When we debate Groups Nos. 4 and 5, I will continue to identify motions which undo the work done by the majority of committee members, as I have already done with Groups Nos. 1 and 2.

It should be noted that the committee majority amended the bill in a variety of ways. I will briefly outline the thrust.

Throughout the process of examination and study of the bill, the intent has been to refine the political role on the road to approving the listing of endangered species. There is now a better balance than there was before when the bill was passed at second reading.

Another thrust was to reinforce volunteerism, contrary to what has been said by some in the House.

The third thrust was to set deadlines to ensure results. Deadlines are important. In this particular area time is of the essence in ensuring that a species is protected.

The final thrust was to increase the powers of the present and future Ministers of the Environment, so as to make him or her less dependent upon other departments or on the will of the Privy Council Office.

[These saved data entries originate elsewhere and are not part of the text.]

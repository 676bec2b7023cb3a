//! How many slips each user has, in a table with one row per user.

ghost use Rattle.std.specs.Prelude.{◌≡◌, ◌==◌, ◌∷◌, [], pos, IfOk};
ghost use Rattle.std.specs.List.{find};
ghost use Rattle.sqlite.specs.declared.types.Value.TheVariants.{Int};
ghost use Rattle.sql_schema.specs.Shown.{shown_slip_count};
ghost use Rattle.sqlite.specs.Held.{state};
ghost use Rattle.keyed_rows.specs.Ordered.{add_row};
ghost use Rattle.book_kept.specs.Sheets.{set_row, slip_no};
ghost use Rattle.sql_schema.specs.Steps.{FindsHeld, Reads, Step};

use crate::by_law::{Listed, add_by, set_by};
use book_kept::SlipCount;
use money::Fault;
use sql_schema::{count_cell, picked, select_slip_counts};
use sqlite::{Alter, Transaction, params};

impl Listed for SlipCount {
    ghost use Rattle.sql_releases.specs.SlipCountLaws.{with_counts};

    ghost list = { λ s. s.slip_counts };

    ghost with_list = { with_counts };
}

/// What is given with the statements that write a count.
#[derive(Clone, Copy)]
struct CountCells {
    user: u32,
    slips: i64,
}

fn cells_of(count: &SlipCount) -> Result<CountCells, Fault>
    ensures cells { IfOk result (λ c. Int (pos c.user) ∷ Int c.slips ∷ [] ≡ shown_slip_count count.now) }
{
    Ok(CountCells {
        user: count.user,
        slips: count_cell(count.slips)?,
    })
}

/// How many slips the user of this number has, if there is a row for them.
pub fn slip_count_of<S: Alter>(
    tx: &mut Transaction<'_, S>,
    user: u32,
) -> Result<Option<SlipCount>, Fault>
    ensures reads { Reads S.Store tx.old.conn tx.new.conn result }
    ensures found { FindsHeld (state S.Store tx.old.conn.now) (state S.Store tx.new.conn.now) result (λ s found. found ≡ find (λ c. slip_no c == user) s.slip_counts) }
{
    picked(tx, select_slip_counts!("WHERE user_no = ?1"), params![user])
}

/// Adds a count. One of its user that is there already is a fault of the disk, and a count of more than 63 bits one of size.
pub fn add_slip_count<S: Alter>(tx: &mut Transaction<'_, S>, count: &SlipCount) -> Result<(), Fault>
    ensures step { Step S.Store tx.old.conn tx.new.conn (λ s. record s { slip_counts = add_row slip_no count.now s.slip_counts }) result }
{
    let cells = cells_of(count)?;
    add_by(
        tx,
        "INSERT INTO slip_counts (user_no, slips) VALUES (?1, ?2)",
        params![cells.user, &cells.slips],
        count,
    )
}

/// Writes this count in place of the one of its user. Where there is none it writes nothing. A count of more than 63 bits is a fault of size.
pub fn set_slip_count<S: Alter>(tx: &mut Transaction<'_, S>, count: &SlipCount) -> Result<(), Fault>
    ensures step { Step S.Store tx.old.conn tx.new.conn (λ s. record s { slip_counts = set_row slip_no count.now s.slip_counts }) result }
{
    let cells = cells_of(count)?;
    set_by(
        tx,
        "UPDATE slip_counts SET slips = ?2 WHERE user_no = ?1",
        params![cells.user, &cells.slips],
        count,
    )
}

Those are roughly the thrusts we adopted in amending the bill as it stands before the House. The government unfortunately is trying to undo the work done by the majority of committee members. I must ask for the support of the House to resist such a move.

There was an interesting intervention yesterday by the member for Halton who made an excellent contribution to the committee's work. He was quite right when he said that he was sure that if anyone ran over a burrowing hole with a mower, or a peregrine falcon with his car, there would be no chance of his being charged. I am glad he made that point because it rebuts allegations, assumptions and wrong interpretations made mostly by members of the official opposition who are trying to instill fear and unnecessary concerns on the population by interpreting the bill in a manner that is totally incorrect. I am grateful for that and I applaud him.

I would also like to put to rest the concerns he raised in his speech yesterday. He spoke about the possibility of a polarization between rural and urban Canadians, a split in attitudes. The majority of committee members who voted for the changes which are now incorporated in the bill as reported to the House are rural members.

In the remaining two minutes I would like to rebut, in a gentle form of course, the intervention by the member for St. Albert who spoke about the socioeconomic costs. He has to make up his mind as to whether action is needed, even when it has some economic consequences, because if action is not taken, there are very serious health consequences.

Too often the term socioeconomic costs has been used in a loose manner in this debate. It is also a concept that is inserted too often in the bill itself.

In the context of the bill it means that socioeconomic costs in a certain form are a sword of Damocles. Madam Speaker, you would remember Damocles better than I, not because of age but because of your culture. The sword of Damocles is the economic interest that could take precedence over the decision to declare a species endangered. This is important to remember.

For example, imagine that scientists recommend that cod should be declared as an endangered species because it has been so exploited for socioeconomic reasons that it is now endangered. We can imagine the surprise in finding in the bill numerous references to socioeconomic considerations as reasons for not declaring a species endangered. Unfortunately many clauses in the bill are peppered with this contradiction.

If we lost the cod it would be because of socioeconomic considerations to a point where a moratorium had to be invoked. It would no longer be possible to say we must continue with the cod fishery in order to maintain the socioeconomic conditions of the villages in Newfoundland. At a certain point the resource would collapse.

Therefore to use socioeconomic considerations as a crutch is a very dangerous approach.

The member for St. Albert demonstrated it this morning in his intervention. At a certain point he has to make up his mind. When there are certain situations where the socioeconomic considerations can no longer be invoked because the species, the environment or human health are at such risk, difficult decisions have to be made because the socioeconomic considerations can no longer help us out.